_ACTIVITY_.
Repeat every record exactly as written.

_SUPPLIED DATA_.

//! Runs whose files stop: the two files of a desk's database at each of their calls, one file after
//! the other, or at calls that are drawn. The file that stops refuses all calls from then on; the other
//! goes on until the run has ended with its error. In the end neither file stops. Then a crash loses
//! what was not synced, or a part of it, and the database is opened again: it must hold the desk after
//! the last change that was reported as done, or the one after the next change. Where a stop leaves the
//! files as they were, what is judged so is what the database holds before the run.
//!
//! Two programs play them: `rd_stops` and `rd_stops_drawn`. The argument of each is the seed of all
//! draws.
#![tactic(auto)]

mod bases;
mod bytes;
mod commands;
mod copies;
mod desk;
mod drive;
mod files;
mod leavings;
mod museum;
mod outcomes;
mod player;
mod running;
mod runs;
mod seen;
mod steps;

use anyhow::{Context, Result};
use bases::files_of;
use files::Pair;
use player::{Start, play_on};
use rand_pcg::Pcg32;
use runs::{MORE_RUNS, RUNS, Run};
use std::env;
use std::process::ExitCode;

/// The seed of all draws: the argument.
fn seed(rt: &HostRuntime) -> Result<u64> {
    let seed = env::args(rt)?.skip(1).next().context("no seed is given")?;
    Ok(seed.parse()?)
}

/// Plays a run from the files of its base, on files of each of its sorts. Gives whether what came is
/// what was wanted. Each time has draws of its own.
fn play(rt: &HostRuntime, run: &Run, base: &Pair, source: &Pair, seed: u64) -> Result<bool> {
    let mut is_right = true;
    for (number, sort) in run.sorts.iter().enumerate() {
        let draws = Pcg32::new(seed, number as u64);
        let sort = *sort;
        let start = Start {
            run,
            sort,
            base,
            source,
        };
        if !play_on(rt, start, draws)? {
            is_right = false;
        }
    }
    Ok(is_right)
}

/// Plays runs, each from the files of its base and with draws of its own, by its number. Gives whether what came is what
/// was wanted.
fn play_all(rt: &HostRuntime, runs: &[Run], seed: u64) -> Result<bool> {
    let mut is_right = true;
    for (number, run) in runs.iter().enumerate() {
        let base = files_of(rt.alloc(), run.base).context(run.name)?;
        let source = files_of(rt.alloc(), run.source).context(run.name)?;
        if !play(rt, run, &base, &source, seed.wrapping_add(number as u64))? {
            is_right = false;
        }
    }
    Ok(is_right)
}

/// Prints the seed, and plays runs. The status is 0 where what came is what was wanted, else 1.
fn play_with_seed(rt: &HostRuntime, runs: &[Run]) -> Result<ExitCode> {
    let seed = seed(rt)?;
    println!(rt; "seed {seed}")?;
    Ok(if play_all(rt, runs, seed)? {
        ExitCode::SUCCESS
    } else {
        ExitCode::FAILURE
    })
}

/// Plays the runs of the first program. Prints the seed, and a line for each run and each sort of files.
/// Where something else came than what was wanted, the status is 1. It fails if no seed is given, if memory
/// runs out, and if it cannot write its output.
pub fn play_each(rt: &HostRuntime) -> Result<ExitCode> {
    play_with_seed(rt, RUNS)
}

/// Plays the run whose stops are drawn, and the copies. It prints and fails as `play_each` does.
pub fn play_more(rt: &HostRuntime) -> Result<ExitCode> {
    play_with_seed(rt, MORE_RUNS)
}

_ANSWER TO THIS PROBLEM_.
//! Runs whose files stop: the two files of a desk's database at each of their calls, one file after
//! the other, or at calls that are drawn. The file that stops refuses all calls from then on; the other
//! goes on until the run has ended with its error. In the end neither file stops. Then a crash loses
//! what was not synced, or a part of it, and the database is opened again: it must hold the desk after
//! the last change that was reported as done, or the one after the next change. Where a stop leaves the
//! files as they were, what is judged so is what the database holds before the run.
//!
//! Two programs play them: `rd_stops` and `rd_stops_drawn`. The argument of each is the seed of all
//! draws.
#![tactic(auto)]

mod bases;
mod bytes;
mod commands;
mod copies;
mod desk;
mod drive;
mod files;
mod leavings;
mod museum;
mod outcomes;
mod player;
mod running;
mod runs;
mod seen;
mod steps;

use anyhow::{Context, Result};
use bases::files_of;
use files::Pair;
use player::{Start, play_on};
use rand_pcg::Pcg32;
use runs::{MORE_RUNS, RUNS, Run};
use std::env;
use std::process::ExitCode;

/// The seed of all draws: the argument.
fn seed(rt: &HostRuntime) -> Result<u64> {
    let seed = env::args(rt)?.skip(1).next().context("no seed is given")?;
    Ok(seed.parse()?)
}

/// Plays a run from the files of its base, on files of each of its sorts. Gives whether what came is
/// what was wanted. Each time has draws of its own.
fn play(rt: &HostRuntime, run: &Run, base: &Pair, source: &Pair, seed: u64) -> Result<bool> {
    let mut is_right = true;
    for (number, sort) in run.sorts.iter().enumerate() {
        let draws = Pcg32::new(seed, number as u64);
        let sort = *sort;
        let start = Start {
            run,
            sort,
            base,
            source,
        };
        if !play_on(rt, start, draws)? {
            is_right = false;
        }
    }
    Ok(is_right)
}

/// Plays runs, each from the files of its base and with draws of its own, by its number. Gives whether what came is what
/// was wanted.
fn play_all(rt: &HostRuntime, runs: &[Run], seed: u64) -> Result<bool> {
    let mut is_right = true;
    for (number, run) in runs.iter().enumerate() {
        let base = files_of(rt.alloc(), run.base).context(run.name)?;
        let source = files_of(rt.alloc(), run.source).context(run.name)?;
        if !play(rt, run, &base, &source, seed.wrapping_add(number as u64))? {
            is_right = false;
        }
    }
    Ok(is_right)
}

/// Prints the seed, and plays runs. The status is 0 where what came is what was wanted, else 1.
fn play_with_seed(rt: &HostRuntime, runs: &[Run]) -> Result<ExitCode> {
    let seed = seed(rt)?;
    println!(rt; "seed {seed}")?;
    Ok(if play_all(rt, runs, seed)? {
        ExitCode::SUCCESS
    } else {
        ExitCode::FAILURE
    })
}

/// Plays the runs of the first program. Prints the seed, and a line for each run and each sort of files.
/// Where something else came than what was wanted, the status is 1. It fails if no seed is given, if memory
/// runs out, and if it cannot write its output.
pub fn play_each(rt: &HostRuntime) -> Result<ExitCode> {
    play_with_seed(rt, RUNS)
}

/// Plays the run whose stops are drawn, and the copies. It prints and fails as `play_each` does.
pub fn play_more(rt: &HostRuntime) -> Result<ExitCode> {
    play_with_seed(rt, MORE_RUNS)
}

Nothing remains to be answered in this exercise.